Hello, dear friend, you can consult us at any time if you have any questions, add WeChat: daixieit

ECMT2150 INTERMEDIATE ECONOMETRICS

Week 13 Tutorial - Panel Data and Panel Data Models

Q1. Wooldridge Chp 14 Q5

Suppose that, for one semester, you can collect the following data on a random sample of college juniors and seniors for each class taken: a standardized final exam score, percentage of lectures     attended, a dummy variable indicating whether the class is within the student’s major, cumulative grade point average prior to the start of the semester, and SAT score.

a)   Why would you classify this data set as a cluster sample? Roughly, how many observations would you expect for the typical student?

b)   Write a model that explains final exam performance in terms of attendance and the other characteristics. Use s to subscript student and c to subscript class. Which variables do not change within a student?

c)   If you pool all of the data and use OLS, what are you assuming about unobserved student  characteristics that affect performance and attendance rate? What roles do SAT score and prior GPA play in this regard?

d)   If you think SAT score and prior GPA do not adequately capture student ability, how would you estimate the effect of attendance on final exam performance?

Stata 1 (Wooldridge Chp 13 Computer Exercise 13)

Use the data in WAGEPAN.dta for this exercise. Use standard errors that are robust to clustering, arbitrary heteroskedasticity and serial correlation in the FD errors, ∆uit .

a)   Consider the unobserved effects model

lwageit  = F0  +  61 d81t  + … + 67 d87t  +  F1 educi  +  y1 d81t educi  + … +   y7 d87t educi + F2unionit  + ai  + uit

where ai  is allowed to be correlated with educi  and unionit  (notice the subscripts). Which parameters can you estimate using first differencing?
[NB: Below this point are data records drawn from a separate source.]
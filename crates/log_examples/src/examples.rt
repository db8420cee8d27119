//! What the definitions say of small logs. Each example is the contract of a function that does nothing.
//!
//! The logs and the statements stand in `specs`. A reader who doubts a definition finds here what it orders,
//! and what it leaves unordered.
ghost use Rattle.log_examples.specs.Examples.{
  ConflictingSectionsAreOrdered,
  HappensBeforeIsNotEnough,
  OrderPassesThroughSections,
  OrderBeginsAtTheAccess,
  RuleBOrdersReleases,
  RuleBWithinOneThread,
  ReleaseEndsItsOwnSection,
  InnerReleaseEndsNoSection,
  ForkIsBelowJoin,
  LatestRaceIsTold,
  InnerReleaseKeepsTheLock,
  ASlotIsKeptForTheRelease,
  EachHoldKeepsASlot,
  TheFirstReasonIsTold,
};

/// A store in a section is ordered before the conflicting store of a later section on its lock.
pub fn conflicting_sections_are_ordered()
    ensures { ConflictingSectionsAreOrdered }
{}

/// A store and a load that happens-before orders, and weak causal precedence does not, are a race.
pub fn happens_before_is_not_enough()
    ensures { HappensBeforeIsNotEnough }
{}

/// What comes before a section is ordered before what comes after the conflicting access of a later one.
pub fn order_passes_through_sections()
    ensures { OrderPassesThroughSections }
{}

/// The order begins at the conflicting access, and not at the acquire before it.
pub fn order_begins_at_the_access()
    ensures { OrderBeginsAtTheAccess }
{}

/// Two sections with no conflict are ordered where an event of the first strictly precedes one of the second.
pub fn rule_b_orders_releases()
    ensures { RuleBOrdersReleases }
{}

/// Rule (b) orders releases of one thread too.
pub fn rule_b_within_one_thread()
    ensures { RuleBWithinOneThread }
{}

/// A release ends the section of its own lock, and not the newest one.
pub fn release_ends_its_own_section()
    ensures { ReleaseEndsItsOwnSection }
{}

/// An inner release ends no section.
pub fn inner_release_ends_no_section()
    ensures { InnerReleaseEndsNoSection }
{}

/// The fork of a thread is below its join, also where the thread has no event.
pub fn fork_is_below_join()
    ensures { ForkIsBelowJoin }
{}

/// Of the accesses that race with one, the latest is reported.
pub fn latest_race_is_told()
    ensures { LatestRaceIsTold }
{}

/// An inner release leaves the lock to its holder.
pub fn inner_release_keeps_the_lock()
    ensures { InnerReleaseKeepsTheLock }
{}

/// While a lock is held, a slot of the log is kept for its release.
pub fn a_slot_is_kept_for_the_release()
    ensures { ASlotIsKeptForTheRelease }
{}

/// Each hold of a lock keeps a slot, also the inner ones.
pub fn each_hold_keeps_a_slot()
    ensures { EachHoldKeepsASlot }
{}

/// A refused call is answered the first reason that speaks against it.
pub fn the_first_reason_is_told()
    ensures { TheFirstReasonIsTold }
{}
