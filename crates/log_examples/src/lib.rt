//! What the definitions say of small logs, and that logs without re-entrance keep their meaning.
//!
//! Each statement is the contract of a function that does nothing, so the check proves it over the
//! definitions alone. No crate uses this one.
#![tactic(auto)]

pub mod examples;
pub mod laws;
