//! The laws on logs in which no lock is acquired again by its holder.
ghost use Rattle.log_examples.specs.PlainLaws.{PlainLogsKeepTheirMeaning, PlainLogsHaveNoInnerAcquire};

/// A log that is well formed by the rule without re-entrance is so by the rule with it, and means the same.
pub fn plain_logs_keep_their_meaning()
    ensures { PlainLogsKeepTheirMeaning }
{}

/// Such logs are exactly the well-formed ones whose acquires are all outer.
pub fn plain_logs_have_no_inner_acquire()
    ensures { PlainLogsHaveNoInnerAcquire }
{}
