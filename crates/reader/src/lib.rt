// The numbers of a text, for the programs that run vectors: decimal ones one behind the other, whatever stands between them, and
// hexadecimal ones at a place. And the fields of a line, for the program that answers questions.
#![tactic(auto)]

ghost use Rattle.std.specs.Prelude.{◌≡◌, ◌≤◌, length, drop};
ghost use Rattle.reader.specs.Reader.{with_digit, number_at, words_at, behind_words, hex_value, hex_at};

mod fields;

pub use fields::{field_end, float, magnitude, read_bits, read_bytes, read_whole};

// A number of the text as a word of 32 bits, and where the text goes on.
#[derive(Clone, Copy)]
pub struct Number {
    pub word: u32,
    pub at: usize,
}

// A size with one digit more, to nine digits; any other byte leaves it.
fn with_digit(size: u32, b: u8) -> u32
    ensures { result ≡ with_digit size b }
{
    if size < 100_000_000 && b.is_ascii_digit() {
        size * 10 + u32::from(b - b'0')
    } else {
        size
    }
}

// The next number from a place of the text on.
pub fn next_number(text: &[u8], from: usize) -> Number
    ensures { result ≡ number_at text.now from }
{
    let mut size = 0;
    let mut minus = false;
    let mut begun = false;
    for at in from..text.len() {
        let b = text[at];
        let digit = b.is_ascii_digit();
        if begun && !digit {
            return Number {
                word: count::word_of(minus, size),
                at: at + 1,
            };
        }
        minus |= b == b'-';
        begun |= digit;
        size = with_digit(size, b);
    }
    Number {
        word: count::word_of(minus, size),
        at: text.len().max(from),
    }
}

// As many numbers as `words` has room for, from a place of the text on; answers where the text goes on.
pub fn next_numbers(text: &[u8], from: usize, words: &mut [u32]) -> usize
    ensures { (result ≡ behind_words (length words.old) text.now from) × (words.new ≡ words_at (length words.old) text.now from) }
{
    let mut at = from;
    for word in words.iter_mut() {
        let t = next_number(text, at);
        *word = t.word;
        at = t.at;
    }
    at
}

// The value of a hexadecimal digit; any other byte counts as 0.
pub(crate) fn hex_value(b: u8) -> u64
    ensures { (result ≡ hex_value b) × (result ≤ 15) }
{
    match b {
        b'0'..=b'9' => u64::from(b - b'0'),
        b'a'..=b'f' => u64::from(b - b'a') + 10,
        _ => 0,
    }
}

// What stands from a place of the text on; nothing behind its end. It is one step, where `skip` would take one for each byte before it.
pub(crate) fn behind(text: &[u8], from: usize) -> &[u8]
    ensures { result.now ≡ drop from text.now }
{
    &text[from.min(text.len())..]
}

// The number of so many hexadecimal digits from a place of the text on, or of those that stand there; the last sixteen count.
pub fn hex_number(text: &[u8], from: usize, digits: usize) -> u64
    ensures { result ≡ hex_at text.now from digits }
{
    behind(text, from).iter().take(digits).fold(0, |n, b| {
        n % 0x1000_0000_0000_0000 * 16 + hex_value(*b)
    })
}
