// The fields of a line of questions, parted by one space each.
ghost use Rattle.std.specs.Prelude.{◌≡◌, true, false, ◌++◌, ◌-◌, ◌/◌, ◌≤◌, nat_abs, length, drop};
ghost use Rattle.std.specs.Float.{binary64};
ghost use Rattle.std.specs.Float.Ieee.{of_bits};
ghost use Rattle.count.specs.Pick.{every};
ghost use Rattle.reader.specs.Fields.{field_end, signed_whole, whole_of, is_hex, bits_of, is_dash, are_pairs, byte_of, pairs, given, bytes_of};
ghost use Rattle.reader.specs.work.Sizes.{size_from, sized_whole};

use super::{behind, hex_number, hex_value};
use std::num;

// Where the field that starts at a place of the text ends.
pub fn field_end(text: &[u8], from: usize) -> usize
    ensures { result ≡ field_end text.now from }
{
    from + behind(text, from)
        .iter()
        .take_while(|b| **b != b' ')
        .count()
}

// A whole number of 64 bits with its sign.
pub fn read_whole(field: &[u8]) -> Option<i64>
    ensures { result ≡ whole_of field.now }
{
    match field.strip_prefix(b"-") {
        Some(digits) => signed_whole(true, digits),
        None => signed_whole(false, field),
    }
}

// One of 1 to 19 digits, with a minus or without.
fn signed_whole(minus: bool, digits: &[u8]) -> Option<i64>
    ensures { result ≡ signed_whole minus digits.now }
{
    if digits.is_empty() || digits.len() > 19 {
        return None;
    }
    let size = size_of(digits)?;
    sized_whole(minus, size)
}

// The size that digits come to.
fn size_of(digits: &[u8]) -> Option<u64>
    requires { length digits.now ≤ 19 }
    ensures { result ≡ size_from digits.now 0 }
{
    let mut size = 0;
    for b in digits {
        if !b.is_ascii_digit() {
            return None;
        }
        size = size * 10 + u64::from(*b - b'0');
    }
    Some(size)
}

// A size with its sign, if it is not too large.
fn sized_whole(minus: bool, size: u64) -> Option<i64>
    ensures { result ≡ sized_whole minus size }
{
    if minus {
        i64::try_from(-i128::from(size)).ok()
    } else {
        i64::try_from(size).ok()
    }
}

// The bits of a float.
pub fn read_bits(field: &[u8]) -> Option<u64>
    ensures { result ≡ bits_of field.now }
{
    if field.len() == 16 && all_hex(field) {
        Some(hex_number(field, 0, 16))
    } else {
        None
    }
}

fn is_hex(b: u8) -> bool
    ensures { result ≡ is_hex b }
{
    matches!(b, b'0'..=b'9' | b'a'..=b'f')
}

fn all_hex(field: &[u8]) -> bool
    ensures { result ≡ every is_hex field.now }
{
    field.iter().all(|b| is_hex(*b))
}

// Bytes of two digits each, which then stand at the front of those lent, or `-` for none. Everything is tested before anything is written.
pub fn read_bytes(field: &[u8], bytes: &mut [u8]) -> bool
    ensures { given result bytes.new ≡ bytes_of field.now bytes.old }
{
    if is_dash(field) {
        return true;
    }
    if !are_pairs(field, bytes.len()) {
        return false;
    }
    put_pairs(field, bytes);
    true
}

fn is_dash(field: &[u8]) -> bool
    ensures { result ≡ is_dash field.now }
{
    field == b"-".as_slice()
}

// Whether a field is of pairs of digits, and of no more than `most`. Without branches, as one equation says it.
fn are_pairs(field: &[u8], most: usize) -> bool
    ensures { result ≡ are_pairs field.now most }
{
    let n = field.len() / 2;
    (1 <= n) & (n <= most) & (field.len() % 2 == 0) & all_hex(field)
}

// The byte of two digits.
fn byte_of(high: u8, low: u8) -> u8
    ensures { result ≡ byte_of high low }
{
    (hex_value(high) * 16 + hex_value(low)) as u8
}

// The bytes of all pairs, at the front of those lent. By index: what a `zip` with `chunks_exact` writes was not proved.
fn put_pairs(field: &[u8], bytes: &mut [u8])
    requires { length field.now / 2 ≤ length bytes.old }
    ensures { bytes.new ≡ pairs field.now ++ drop (length (pairs field.now)) bytes.old }
{
    for i in 0..field.len() / 2 {
        bytes[i] = byte_of(field[2 * i], field[2 * i + 1]);
    }
}

// The float of a pattern. Every pattern of not-a-number gives the same.
pub fn float(word: u64) -> f64
    ensures { result ≡ of_bits binary64 word }
{
    num::f64_from_bits_with_nan(word)
}

// |v|, at the whole range of an i32, for a program that prints it.
pub fn magnitude(v: i32) -> u32
    ensures { result ≡ nat_abs v }
{
    v.unsigned_abs()
}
b)   Estimate the equation from part (a) by FD remember to either force Stata to estimate it with no intercept (use the noconstant option) or use the year dummies for 1982-87 only. Test    the null hypothesis that the return to education does not vary over time.
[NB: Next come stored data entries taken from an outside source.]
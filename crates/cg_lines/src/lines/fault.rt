//! Why no operation was read.
ghost use Rattle.std.specs.Prelude.{◌≡◌};
ghost use Rattle.cg_cgroup.specs.declared.path.PathFault.{PathFault};
ghost use Rattle.cg_lines.specs.declared.lines.fault.LineFault.{LineFault};
ghost use Rattle.cg_lines.specs.LineFaults.{lifted};

use cg_cgroup::memory::NoMemory;
use cg_cgroup::path::PathFault;

/// Why a line gave no operation.
#[derive(Clone, Copy, Debug, PartialEq, Eq)]
pub enum LineFault {
    /// The line has over 8192 bytes.
    TooLong = 1,
    /// The line is no operation's.
    BadWord = 2,
    /// The line's newline is missing. Only a replay, which sees where its input ends, answers this.
    Cut = 3,
    /// An allocation was refused.
    NoMemory = 4,
}

impl From<NoMemory> for LineFault {
    ghost from_gives = { λ _ fault. fault ≡ LineFault.NoMemory };

    fn from(_error: NoMemory) -> LineFault {
        LineFault::NoMemory
    }
}

impl From<PathFault> for LineFault {
    ghost from_gives = { λ path_fault fault. fault ≡ lifted path_fault };

    fn from(fault: PathFault) -> LineFault {
        match fault {
            PathFault::BadPath => LineFault::BadWord,
            PathFault::NoMemory => LineFault::NoMemory,
        }
    }
}
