//! Reading an operation line.
ghost use Rattle.std.specs.Prelude.{◌≡◌, ◌≢◌, ◌≤◌, ◌<◌, ◌↔◌, length, IfOk, Err};
ghost use Rattle.cg_model.specs.declared.operation.Op.{Op};
ghost use Rattle.cg_lines.specs.OperationLines.{spelling, IsInRange};

use crate::lines::fault::LineFault;
use crate::lines::operations::operation_of;
use cg_cgroup::files::Vocabulary;
use cg_model::operation::Op;
use std::alloc::Global;
use std::str;

/// The greatest number of bytes of an operation line, its newline aside.
pub const LONGEST_LINE: usize = 8192;

/// The operation of a line for a tree of formats 1 and 2: `read_op_in` at their vocabulary.
pub fn read_op(alloc: Global, line: &[u8]) -> Result<Op, LineFault>
    ensures ok { IfOk result (λ op. (line.now ≡ spelling op) × (length line.now ≤ LONGEST_LINE)
        × IsInRange Vocabulary.Format2 op) }
    ensures too_long { (result ≡ Err LineFault.TooLong) ↔ (LONGEST_LINE < length line.now) }
    ensures bad_word { result ≡ Err LineFault.BadWord → (op : Op) → IsInRange Vocabulary.Format2 op → line.now ≢ spelling op }
    ensures not_cut { result ≢ Err LineFault.Cut }
{
    read_op_in(alloc, Vocabulary::Format2, line)
}

/// The operation of a line, without its newline, which names controllers and entries of a vocabulary. `TooLong` over 8192 bytes,
/// for which no memory is taken; `BadWord` where the line is no operation's; never `Cut`.
pub fn read_op_in(alloc: Global, vocabulary: Vocabulary, line: &[u8]) -> Result<Op, LineFault>
    ensures ok { IfOk result (λ op. (line.now ≡ spelling op) × (length line.now ≤ LONGEST_LINE) × IsInRange vocabulary op) }
    ensures too_long { (result ≡ Err LineFault.TooLong) ↔ (LONGEST_LINE < length line.now) }
    ensures bad_word { result ≡ Err LineFault.BadWord → (op : Op) → IsInRange vocabulary op → line.now ≢ spelling op }
    ensures not_cut { result ≢ Err LineFault.Cut }
{
    if line.len() > LONGEST_LINE {
        return Err(LineFault::TooLong);
    }
    let Ok(text) = str::from_utf8(line) else {
        return Err(LineFault::BadWord);
    };
    operation_of(alloc, vocabulary, text)
}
c)   Now allow the union differential to change over time (along with education) and estimate the equation by FD. What is the estimated union differential in 1980? What about in 1987? Is the difference in the differential between 1980 and 1987 statistically significant?

d)  Test the null hypothesis that the union differential has not varied over time, and discuss your results in light of your answer to part (c).

Stata 2 (Wooldridge Chp 14 Computer Exercise 10)

Use the data in AIRFARE.dta for this exercise.

We are interested in estimating the model :

log(fareit) = et  + F1 concenit + F2 log(disti) + F3 [log(disti )]2 + ai + uit,           t = 1, … ,4

where et  means that we allow for different year intercepts.

Use cluster robust standard errors.

a)   Estimate the above equation by pooled OLS, being sure to include year dummies. If 」concenit = 0.10, what is the estimated percentage increase in fare?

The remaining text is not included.